It makes sense. I remember reading writing and general creative advice from much older, much more established people during those same undergrad years and being like, “Whubbajuh? Huh? Where am I supposed to start? You’re saying start here but I’m not even here yet.” IT wasn’t until I started talking to people, talking to people on my level or just a little further up, that I could dig my fingers into concepts and start clawing my way upward.

It’s more than that, though. It’s more than the cold progression toward understanding, toward some lofty final goal that (spoilers) doesn’t exist anyways. More than that, more importantly than that, the need to communicate with other creators and not just with lofty Established Divinities is the need for connection and validation.

There’s a veil around the life of a creator, one woven from shame and insecurity and pinned in place by expectations from people who see (or would prefer to see) the process as one that is essentially magical. That’s not fair. It robs us of perspective, it throws a harsh and artificial light on our perceived failures.

Creation isn’t easy. The road to completing even one project is longer and more difficult than the final product could ever communicate to an observer.
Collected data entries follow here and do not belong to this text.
mod ports;

use crate::{Constant, constant_of, is_whole, product_of, unit_of};
use design_lexer::{ConstantTree, FactorTree, NameAt, Number};
use fault_list::{Fault, FaultKind};
use order_core::{List, NoMemory, Text};
use std::alloc::Global;
use std::test::Fail;
use unit_core::{Dim, Fraction};

/// Where each constant stands, and where the name of each unit does.
const AT: u64 = 7;

const NAME_AT: u64 = 9;

/// Whether `/` stands before a factor, its name, and its power.
type Factor = (bool, &'static str, Option<i64>);

/// A dimension and the two parts of a fraction, or a fault.
type Meaning = Result<(Dim, u64, u64), Fault>;

const MASS: Dim = Dim {
    mass: 1,
    ..Dim::NONE
};

const MASS_4: Dim = Dim {
    mass: 4,
    ..Dim::NONE
};

const MASS_5: Dim = Dim {
    mass: 5,
    ..Dim::NONE
};

const MASS_9: Dim = Dim {
    mass: 9,
    ..Dim::NONE
};

const ACCELERATION: Dim = Dim {
    length: 1,
    time: -2,
    ..Dim::NONE
};

const FORCE: Dim = Dim {
    mass: 1,
    length: 1,
    time: -2,
    ..Dim::NONE
};

const DIVISOR: Meaning = Err(Fault {
    kind: FaultKind::ZeroDivisor,
    at: AT,
});

const EXPONENT: Meaning = Err(Fault {
    kind: FaultKind::Exponent,
    at: AT,
});

const RANGE: Meaning = Err(Fault {
    kind: FaultKind::ConstantRange,
    at: AT,
});

const UNKNOWN: Meaning = Err(Fault {
    kind: FaultKind::Unknown,
    at: NAME_AT,
});

/// The greatest part of a fraction.
const MAX: u64 = 10_000_000_000_000_000_000;

const LONG: u128 = MAX as u128;

/// Five to the 55.
const FIVES: u128 = 277_555_756_156_289_135_105_907_917_022_705_078_125;

/// The digits and decimals of two numbers, and their quotient.
const QUOTIENTS: [((u128, u8), (u128, u8), Meaning); 14] = [
    ((2 * LONG, 0), (2, 0), Ok((Dim::NONE, MAX, 1))),
    ((5 * LONG, 0), (5 * LONG, 19), Ok((Dim::NONE, MAX, 1))),
    ((2 * LONG + 1, 0), (2, 0), RANGE),
    ((15, 1), (25, 2), Ok((Dim::NONE, 6, 1))),
    ((5, 19), (1, 0), Ok((Dim::NONE, 1, MAX / 5))),
    ((1, 0), (3 * LONG, 0), RANGE),
    ((0, 5), (3, 0), Ok((Dim::NONE, 0, 1))),
    ((0, 0), (1, 255), Ok((Dim::NONE, 0, 1))),
    ((1, 255), (1, 255), Ok((Dim::NONE, 1, 1))),
    ((FIVES, 55), (1, 0), Ok((Dim::NONE, 1, 1 << 55))),
    ((1, 0), (FIVES, 55), Ok((Dim::NONE, 1 << 55, 1))),
    ((FIVES, 0), (1, 255), RANGE),
    ((1, 0), (1, 58), RANGE),
    ((1, 58), (1, 0), RANGE),
];

/// The factors of units.
const UNITS: [(&[Factor], Meaning); 20] = [
    (&[], Ok((Dim::NONE, 1, 1))),
    (&[(false, "kg", None)], Ok((MASS, 1_000, 1))),
    (
        &[(false, "m", None), (true, "s", Some(2))],
        Ok((ACCELERATION, 1_000, 1)),
    ),
    (
        &[(true, "s", Some(2)), (false, "m", None)],
        Ok((ACCELERATION, 1_000, 1)),
    ),
    (
        &[(false, "m", None), (false, "s", Some(-2))],
        Ok((ACCELERATION, 1_000, 1)),
    ),
    (
        &[(false, "kg", None), (true, "kg", None), (false, "kg", None)],
        Ok((MASS, 1_000, 1)),
    ),
    (&[(false, "mg", None)], Ok((MASS, 1, 1_000))),
    (&[(false, "kg", Some(0))], Ok((Dim::NONE, 1, 1))),
    (
        &[(false, "g", Some(9)), (true, "g", Some(8))],
        Ok((MASS, 1, 1)),
    ),
    (&[(false, "g", Some(10))], EXPONENT),
    (&[(false, "g", Some(-10))], EXPONENT),
    (
        &[(false, "g", Some(9)), (false, "g", None), (true, "g", None)],
        EXPONENT,
    ),
    (&[(false, "t", Some(9))], RANGE),
    (&[(false, "t", Some(10))], EXPONENT),
    (
        &[
            (false, "km", Some(3)),
            (false, "km", None),
            (true, "km", None),
        ],
        RANGE,
    ),
    (&[(false, "m", Some(5)), (false, "m", Some(5))], EXPONENT),
    (&[(true, "t", Some(3)), (true, "t", None)], RANGE),
    (&[(false, "ft", Some(10))], UNKNOWN),
    (&[(false, "g", Some(10)), (false, "ft", None)], EXPONENT),
    (&[(false, "g", None), (true, "Kg", None)], UNKNOWN),
];

const KILOGRAM: &[Factor] = &[(false, "kg", None)];

const FOOT: &[Factor] = &[(false, "ft", None)];

/// Numbers and their units.
const CONSTANTS: [((u128, u8), Option<(u128, u8)>, &[Factor], Meaning); 9] = [
    ((5, 1), None, KILOGRAM, Ok((MASS, 500, 1))),
    ((1, 0), Some((3, 0)), KILOGRAM, Ok((MASS, 1_000, 3))),
    ((1, 0), Some((0, 0)), KILOGRAM, DIVISOR),
    ((0, 0), Some((0, 255)), KILOGRAM, DIVISOR),
    ((LONG + 1, 0), Some((0, 3)), FOOT, DIVISOR),
    ((LONG + 1, 0), None, FOOT, RANGE),
    ((LONG, 0), None, FOOT, UNKNOWN),
    ((LONG, 0), None, KILOGRAM, RANGE),
    ((LONG, 0), Some((1_000, 0)), KILOGRAM, Ok((MASS, MAX, 1))),
];

/// The dimensions, numerators and denominators of two constants, and their product.
const PRODUCTS: [((Dim, u128, u128), (Dim, u128, u128), Meaning); 8] = [
    ((MASS, 2, 3), (ACCELERATION, 9, 4), Ok((FORCE, 3, 2))),
    ((MASS_5, 1, 1), (MASS_4, 1, 1), Ok((MASS_9, 1, 1))),
    ((MASS_5, 1, 1), (MASS_5, 1, 1), EXPONENT),
    ((MASS_5, LONG, 1), (MASS_5, LONG, 1), EXPONENT),
    ((MASS_5, LONG, 1), (MASS_4, LONG, 1), RANGE),
    ((MASS_5, 1, LONG), (MASS_4, 1, 2), RANGE),
    ((MASS_5, LONG, 3), (MASS_4, 3, LONG), Ok((MASS_9, 1, 1))),
    ((MASS_5, 0, 1), (MASS_4, LONG, 1), Ok((MASS_9, 0, 1))),
];

fn text(alloc: Global, word: &str) -> Result<Text, NoMemory> {
    Ok(Text::of(String::from_str(alloc, word)?))
}

fn factor(alloc: Global, factor: Factor) -> Result<FactorTree, NoMemory> {
    let (divided, name, power) = factor;
    let (negative, power) = match power {
        Some(power) => (power < 0, Some(power.unsigned_abs() as u128)),
        None => (false, None),
    };
    let name = text(alloc, name)?;
    Ok(FactorTree {
        divided,
        name: NameAt { name, at: NAME_AT },
        negative,
        power,
        written: Text::of(String::new(alloc)),
    })
}

fn factors(alloc: Global, rows: &[Factor]) -> Result<List<FactorTree>, NoMemory> {
    let mut made = Vec::new(alloc);
    for row in rows {
        made.push(factor(alloc, *row)?)?;
    }
    Ok(List::of(made))
}

/// Whether the answer is the one expected.
fn agrees(made: Result<Constant, Fault>, expected: Meaning) -> bool {
    match (made, expected) {
        (Ok(made), Ok(expected)) => {
            made.dim == expected.0
                && made.fraction.num == expected.1
                && made.fraction.den == expected.2
        }
        (Err(made), Err(expected)) => made == expected,
        _ => false,
    }
}

fn number(parts: (u128, u8)) -> Number {
    Number {
        digits: parts.0,
        decimals: parts.1,
    }
}

/// Whether the constant of these numbers and factors means what is expected.
fn reads(
    alloc: Global,
    over: (u128, u8),
    under: Option<(u128, u8)>,
    unit: &[Factor],
    expected: Meaning,
) -> Result<bool, NoMemory> {
    let tree = ConstantTree {
        over: number(over),
        under: under.map(number),
        unit: factors(alloc, unit)?,
        at: AT,
    };
    Ok(agrees(constant_of(&tree), expected))
}

/// Whether the product of these constants means what is expected.
fn multiplies(a: (Dim, u128, u128), b: (Dim, u128, u128), expected: Meaning) -> bool {
    match (Fraction::new(a.1, a.2), Fraction::new(b.1, b.2)) {
        (Ok(x), Ok(y)) => {
            let a = Constant {
                dim: a.0,
                fraction: x,
            };
            let b = Constant {
                dim: b.0,
                fraction: y,
            };
            agrees(product_of(a, b, AT), expected)
        }
        _ => false,
    }
}

/// Whether the unit's size is whole, where there is such a unit.
fn whole(alloc: Global, unit: &[Factor]) -> Result<Option<bool>, NoMemory> {
    let unit = factors(alloc, unit)?;
    Ok(match unit_of(unit.items(), AT) {
        Ok(unit) => Some(is_whole(unit)),
        Err(_) => None,
    })
}

#[test]
fn quotients_are_exact(rt: HostRuntime) -> Result<(), Fail> {
    let alloc = rt.alloc();
    for (over, under, expected) in QUOTIENTS {
        assert!(rt; reads(alloc, over, Some(under), &[], expected)?);
    }
    Ok(())
}

#[test]
fn units_are_worked_out_from_the_left(rt: HostRuntime) -> Result<(), Fail> {
    let alloc = rt.alloc();
    for (unit, expected) in UNITS {
        assert!(rt; reads(alloc, (1, 0), None, unit, expected)?);
    }
    assert!(rt; whole(alloc, KILOGRAM)? == Some(true));
    assert!(rt; whole(alloc, &[(false, "mg", None)])? == Some(false));
    assert!(rt; whole(alloc, &[(false, "kg", None), (true, "day", None)])? == Some(false));
    Ok(())
}

#[test]
fn faults_come_in_order(rt: HostRuntime) -> Result<(), Fail> {
    let alloc = rt.alloc();
    for (over, under, unit, expected) in CONSTANTS {
        assert!(rt; reads(alloc, over, under, unit, expected)?);
    }
    Ok(())
}

#[test]
fn constants_are_multiplied(rt: HostRuntime) {
    for (a, b, expected) in PRODUCTS {
        assert!(rt; multiplies(a, b, expected));
    }
}
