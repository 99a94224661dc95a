//! Units, constants, elements and the types of ports, as the trees of a text write them.
#![tactic(auto)]

mod constant;
mod decimal;
mod elements;
mod laws;
mod ports;
#[cfg(test)]
mod tests;
mod unit;

pub use constant::{Constant, constant_of, product_of};
pub use elements::{element_place, elements_named, unknown};
pub use laws::{
    constants_are_exact, constants_have_meanings_or_faults, ports_are_whole,
    ports_have_meanings_or_faults, products_have_meanings_or_faults,
};
pub use ports::{port_of, unit_text};
pub use unit::{is_whole, unit_of};
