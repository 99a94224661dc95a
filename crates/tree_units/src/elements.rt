ghost use Rattle.std.specs.Prelude.{◌≡◌, IsTrue, Some};
ghost use Rattle.fault_list.specs.Answers.{Answers};
ghost use Rattle.tree_units.specs.Elements.{element_place, elements_named, unknown, unknown_elements};
ghost use Rattle.value_type.specs.Types.{has_names};

use design_lexer::NameAt;
use fault_list::{Fault, FaultKind, Stop};
use order_core::List;
use std::alloc::Global;
use value_type::Poset;

/// The name leads nowhere.
pub fn unknown(name: &NameAt) -> Fault
    ensures { result ≡ unknown name.now }
{
    Fault {
        kind: FaultKind::Unknown,
        at: name.at,
    }
}

/// The number of the first element of this name in the poset.
pub fn element_place(poset: &Poset, name: &str) -> Option<u32>
    requires { IsTrue (has_names poset.now) }
    ensures { result ≡ element_place poset.now name.now }
{
    for (at, element) in poset.elements.items().iter().enumerate() {
        if name == element.as_str() {
            return Some(at as u32);
        }
    }
    None
}

/// The numbers of the elements named, or the first name that no element of the poset has.
pub fn elements_named(
    alloc: Global,
    poset: &Poset,
    names: &[NameAt],
) -> Result<List<u32>, Stop<Fault>>
    requires { IsTrue (has_names poset.now) }
    ensures { Answers (unknown_elements poset.now names.now) (λ made. Some made ≡ elements_named poset.now names.now) result }
{
    let mut numbers = Vec::new(alloc);
    for name in names {
        let Some(number) = element_place(poset, name.name.as_str()) else {
            return Err(Stop::At(unknown(name)));
        };
        numbers.push(number)?;
    }
    Ok(List::of(numbers))
}
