ghost use Rattle.std.specs.Prelude.{◌≡◌, Ok, Some};
ghost use Rattle.fault_list.specs.Answers.{FindsFirst};
ghost use Rattle.tree_units.specs.Constants.{constant_faults, constant_in, constant_of, divisor_of, fraction_fault, product_faults, product_of, size_faults};
ghost use Rattle.unit_core.specs.Measure.{measure};
ghost use Rattle.unit_core.specs.Ratio.{ratio};

use crate::decimal::decimal_quotient;
use crate::unit::unit_of;
use design_lexer::{ConstantTree, Number};
use fault_list::{Fault, FaultKind};
use unit_core::{Dim, Fraction, FractionFault, Unit};

/// A constant: a dimension, and an exact fraction of counts in the grid's units g, mm, s, mA, cent and bit.
#[derive(Clone, Copy, Debug, PartialEq, Eq)]
pub struct Constant {
    pub dim: Dim,
    pub fraction: Fraction,
}

/// The constant that the tree writes: the exact quotient of its two numbers, in its unit.
///
/// Its faults in this order: `ZeroDivisor` where the second number is zero; `ConstantRange` where the quotient in
/// lowest terms is out of range; those of its unit; `ConstantRange` where the quotient times the unit's size is out
/// of range. They stand at the constant, but for `Unknown`, which stands at the unit's name.
pub fn constant_of(tree: &ConstantTree) -> Result<Constant, Fault>
    ensures { FindsFirst (constant_faults tree.now) (λ made. Some made ≡ constant_of tree.now) result }
{
    let at = tree.at;
    let fraction = match decimal_quotient(tree.over, divisor_of(tree.under)) {
        Ok(fraction) => fraction,
        Err(fault) => return Err(fraction_fault(fault, at)),
    };
    let unit = unit_of(tree.unit.items(), at)?;
    constant_in(fraction, unit, at)
}

/// The product of two constants.
///
/// `Exponent` where an exponent of its dimension is below -9 or above 9, otherwise `ConstantRange` where its fraction
/// is out of range, both at `at`.
#[tactic(auto, using(unit_core::specs::FractionLaws::fraction_again))]
pub fn product_of(a: Constant, b: Constant, at: u64) -> Result<Constant, Fault>
    ensures { FindsFirst (product_faults at a b) (λ made. Some made ≡ product_of a b) result }
{
    let Some(dim) = a.dim.times(b.dim) else {
        return Err(Fault {
            kind: FaultKind::Exponent,
            at,
        });
    };
    match a.fraction.times(b.fraction) {
        Ok(fraction) => Ok(Constant { dim, fraction }),
        Err(fault) => Err(fraction_fault(fault, at)),
    }
}

/// The number below the line, which is 1 where none is written.
fn divisor_of(under: Option<Number>) -> Number
    ensures { result ≡ divisor_of under }
{
    match under {
        Some(under) => under,
        None => Number {
            digits: 1,
            decimals: 0,
        },
    }
}

/// The fault of a fraction, with a place.
fn fraction_fault(fault: FractionFault, at: u64) -> Fault
    ensures { result ≡ fraction_fault at fault }
{
    match fault {
        FractionFault::Range => Fault {
            kind: FaultKind::ConstantRange,
            at,
        },
        FractionFault::Zero => Fault {
            kind: FaultKind::ZeroDivisor,
            at,
        },
    }
}

/// So many of the unit.
#[tactic(auto, using(unit_core::specs::FractionLaws::fraction_again))]
fn constant_in(fraction: Fraction, unit: Unit, at: u64) -> Result<Constant, Fault>
    ensures { FindsFirst (size_faults at (Ok (ratio fraction)) (Ok (measure unit))) (λ made. Some made ≡ constant_in (Ok (ratio fraction)) (Ok (measure unit))) result }
{
    match fraction.times(unit.size) {
        Ok(fraction) => Ok(Constant {
            dim: unit.dim,
            fraction,
        }),
        Err(fault) => Err(fraction_fault(fault, at)),
    }
}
We shut ourselves up until it’s done and we never talk about all the times it nearly died, about all the times we started over, about the string of dead-end jobs we picked up to support it, about the strange games we played with ourselves to drum up motivation when reserves ran out.

Maybe we have a collective obligation to do the opposite. Maybe creation can be beautiful and amazing and magical even when people know that it’s hard, that it’s work, that you stumble and struggle for years before you make headway. Maybe we can make trying hard cool, or at least acceptable.

If you’re reading this and you’re an amateur – you only need to feel like one, really – consider sharing. Share your epiphanies, share your process. Share your hardships as they happen. Broadcast all the hard work you put in so that others doing the same don’t have to feel alone. Don’t hide away just because you haven’t made magic happen. Don’t declare, “I have done this! Behold!” Maybe declare tenacity and solidarity.

“Look at me! I also struggle! I’ve struggled for years to get where I am, but I’m not where I was! I’m gonna keep it up and get somewhere else, and so are you!”

Or something like that.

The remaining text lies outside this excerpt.